> BRIEF:
Find the word "Rattle" in the records and copy every line where it occurs.

======

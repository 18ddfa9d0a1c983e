//! Opacities as linear functions of bytes, in sixteen bits.
ghost use Rattle.std.specs.Prelude.{◌≡◌, ◌≤◌, true, IfSome};
ghost use Rattle.pixel_math.specs.Arithmetic.{fade_byte};
ghost use Rattle.lane_blend.specs.Lines.{IsFadeLine, line_byte};

/// A line: it makes of a byte `v` the byte `(v * slope + base) / 65536`. Both numbers have 16 bits and are kept as their
/// upper and lower bytes, so that each step fits 16 bits.
#[derive(Clone, Copy, Debug, PartialEq, Eq)]
pub(crate) struct FadeLine {
    slope_high: u8,
    slope_low: u8,
    base_high: u8,
    base_low: u8,
}

impl FadeLine {
    /// Returns a line that fades every byte to an opacity in millionths, and `None` if none of the lines tried does. Each opacity
    /// below 1,000,000 has one; that is not proved, so each line is tried on every byte.
    pub(crate) fn find(opacity: u32) -> Option<FadeLine>
        requires { opacity ≤ 1000000 }
        ensures { IfSome result (IsFadeLine opacity) }
    {
        let slope = ((u64::from(opacity) << 16) / 1_000_000 & 0xffff_ffff) as u32;
        for above in 0..6u32 {
            let line = FadeLine::candidate(opacity, slope.wrapping_add(above).wrapping_sub(2));
            if line.fades(opacity) {
                return Some(line);
            }
        }
        None
    }

    /// Returns the line of a slope with the least base that can work. It may still not fade every byte as the opacity does.
    fn candidate(opacity: u32, slope: u32) -> FadeLine {
        let mut base = 0u32;
        for v in 0..256u32 {
            let faded = v.wrapping_mul(opacity).wrapping_add(500_000) / 1_000_000;
            base = base.max(
                faded
                    .wrapping_mul(65536)
                    .saturating_sub(v.wrapping_mul(slope)),
            );
        }
        let [slope_low, slope_high, _, _] = slope.to_le_bytes();
        let [base_low, base_high, _, _] = base.to_le_bytes();
        FadeLine {
            slope_high,
            slope_low,
            base_high,
            base_low,
        }
    }

    /// Returns whether the line fades every byte to an opacity in millionths.
    fn fades(self, opacity: u32) -> bool
        requires { opacity ≤ 1000000 }
        ensures { result ≡ true → IsFadeLine opacity self }
    {
        'bytes: for value in 0..256u16 {
            let v = value as u8;
            if self.byte(v) != fade_byte(v, opacity) {
                return false;
            }
        }
        true
    }

    /// Returns the byte that the line makes of `v`.
    fn byte(self, v: u8) -> u8
        ensures { result ≡ line_byte self v }
    {
        let low = (u16::from(v) * u16::from(self.slope_low) + u16::from(self.base_low)) / 256;
        let high = u16::from(v) * u16::from(self.slope_high) + u16::from(self.base_high);
        ((high + low) / 256) as u8
    }

    /// Returns the byte `v` at the opacity of the line.
    pub(crate) fn faded(self, v: u8, opacity: u32) -> u8
        requires { IsFadeLine opacity self }
        ensures { result ≡ fade_byte v opacity }
    {
        self.byte(v)
    }
}

/// Fades `value` to an opacity in millionths.
pub(crate) fn fade_byte(value: u8, opacity: u32) -> u8
    requires { opacity ≤ 1000000 }
    ensures { result ≡ fade_byte value opacity }
{
    ((u32::from(value) * opacity + 500_000) / 1_000_000) as u8
}
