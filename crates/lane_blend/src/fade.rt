//! A row at an opacity.
ghost use Rattle.std.specs.Prelude.{◌≡◌, ◌≤◌, ◌%◌, length};
ghost use Rattle.pixel_math.specs.Arithmetic.{fade};
ghost use Rattle.lane_blend.specs.Rows.{AreLowered, IsRow, pixel_at, width_of};
ghost use Rattle.lane_blend.specs.Lines.{IsFadeLine};

use crate::lines::{FadeLine, fade_byte};
use std::marker::Model;

/// Fades each pixel of a row to an opacity in millionths, 0 to 1,000,000: 0 hides it, 1,000,000 shows it whole. The row has
/// whole pixels, none with a colour byte above its alpha. For many rows at one opacity make a [`RowFade`] once.
pub fn fade_row(row: &mut [u8], opacity: u32)
    requires opacity { opacity ≤ 1000000 }
    requires whole { length row.old % 4 ≡ 0 }
    requires lowered { AreLowered row.old }
    ensures row { IsRow (width_of row.old) (λ i. fade (pixel_at row.old i) opacity) row.new }
    ensures lowered { AreLowered row.new }
{
    RowFade::new(opacity).apply(row);
}

/// An opacity in millionths, 0 to 1,000,000, prepared once for fading many rows. Contracts see the opacity.
#[derive(Drop)]
pub struct RowFade {
    opacity: u32,
    line: Option<FadeLine>,
}

impl Model for RowFade {
    ghost use Rattle.std.specs.Prelude.{ℕ, ◌≤◌, IfSome};
    ghost use Rattle.lane_blend.specs.Lines.{IsFadeLine};

    ghost Value = { ℕ };

    ghost view = { λ f. f.opacity };

    ghost invariant = { λ f. (f.opacity ≤ 1000000) × IfSome f.line (IsFadeLine f.opacity) };
}

impl RowFade {
    /// Prepares for fading rows to an opacity in millionths, at most 1,000,000.
    pub fn new(opacity: u32) -> RowFade
        requires { opacity ≤ 1000000 }
        ensures { result ≡ opacity }
    {
        RowFade {
            opacity,
            line: FadeLine::find(opacity),
        }
    }

    /// Returns the opacity, in millionths.
    pub fn opacity(&self) -> u32
        ensures { result ≡ self.now }
    {
        self.opacity
    }

    /// Fades each pixel of a row to the opacity, as [`fade_row`] does. The row has whole pixels, none with a colour byte
    /// above its alpha.
    pub fn apply(&self, row: &mut [u8])
        requires whole { length row.old % 4 ≡ 0 }
        requires lowered { AreLowered row.old }
        ensures row { IsRow (width_of row.old) (λ i. fade (pixel_at row.old i) self.now) row.new }
        ensures lowered { AreLowered row.new }
    {
        if self.opacity == 1_000_000 {
            return;
        }
        match self.line {
            Some(line) => fade_by_line(row, line, self.opacity),
            None => fade_plainly(row, self.opacity),
        }
    }
}

/// Fades each pixel of a row by the line of an opacity.
fn fade_by_line(row: &mut [u8], line: FadeLine, opacity: u32)
    requires line { IsFadeLine opacity line }
    requires whole { length row.old % 4 ≡ 0 }
    ensures { IsRow (width_of row.old) (λ i. fade (pixel_at row.old i) opacity) row.new }
{
    let mut at = 0;
    'bytes: while at < row.len() {
        row[at] = line.faded(row[at], opacity);
        at += 1;
    }
}

/// Fades each pixel of a row to an opacity by a division for each byte.
fn fade_plainly(row: &mut [u8], opacity: u32)
    requires opacity { opacity ≤ 1000000 }
    requires whole { length row.old % 4 ≡ 0 }
    ensures { IsRow (width_of row.old) (λ i. fade (pixel_at row.old i) opacity) row.new }
{
    let mut at = 0;
    'bytes: while at < row.len() {
        row[at] = fade_byte(row[at], opacity);
        at += 1;
    }
}
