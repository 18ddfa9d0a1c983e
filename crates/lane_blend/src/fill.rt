//! A row of one pixel.
ghost use Rattle.std.specs.Prelude.{◌≡◌, ◌%◌, length};
ghost use Rattle.lane_blend.specs.Rows.{AreLowered, IsRow, width_of};

use pixel_math::Pixel;
use std::simd::prelude::*;

/// Writes a pixel at each column of a row of whole pixels.
pub fn fill_row(pixel: Pixel, row: &mut [u8])
    requires { length row.old % 4 ≡ 0 }
    ensures row { IsRow (width_of row.old) (λ i. pixel) row.new }
    ensures lowered { AreLowered row.new }
{
    let (b, g, r, a) = (pixel.b(), pixel.g(), pixel.r(), pixel.a());
    let bytes = [b, g, r, a];
    let four = u8x16::from_array([b, g, r, a, b, g, r, a, b, g, r, a, b, g, r, a]);
    let mut at = 0;
    'lanes: while row.len() - at >= 16 {
        four.copy_to_slice(&mut row[at..]);
        at += 16;
    }
    'bytes: while at < row.len() {
        row[at] = bytes[at % 4];
        at += 1;
    }
}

======

> SOLUTION TO THE EXERCISE:
ghost use Rattle.std.specs.Prelude.{◌≡◌, ◌≤◌, true, IfSome};
ghost use Rattle.pixel_math.specs.Arithmetic.{fade_byte};
ghost use Rattle.lane_blend.specs.Lines.{IsFadeLine, line_byte};
ghost use Rattle.std.specs.Prelude.{◌≡◌, ◌≤◌, ◌%◌, length};
ghost use Rattle.pixel_math.specs.Arithmetic.{fade};
ghost use Rattle.lane_blend.specs.Rows.{AreLowered, IsRow, pixel_at, width_of};
ghost use Rattle.lane_blend.specs.Lines.{IsFadeLine};
    ghost use Rattle.std.specs.Prelude.{ℕ, ◌≤◌, IfSome};
    ghost use Rattle.lane_blend.specs.Lines.{IsFadeLine};
ghost use Rattle.std.specs.Prelude.{◌≡◌, ◌%◌, length};
ghost use Rattle.lane_blend.specs.Rows.{AreLowered, IsRow, width_of};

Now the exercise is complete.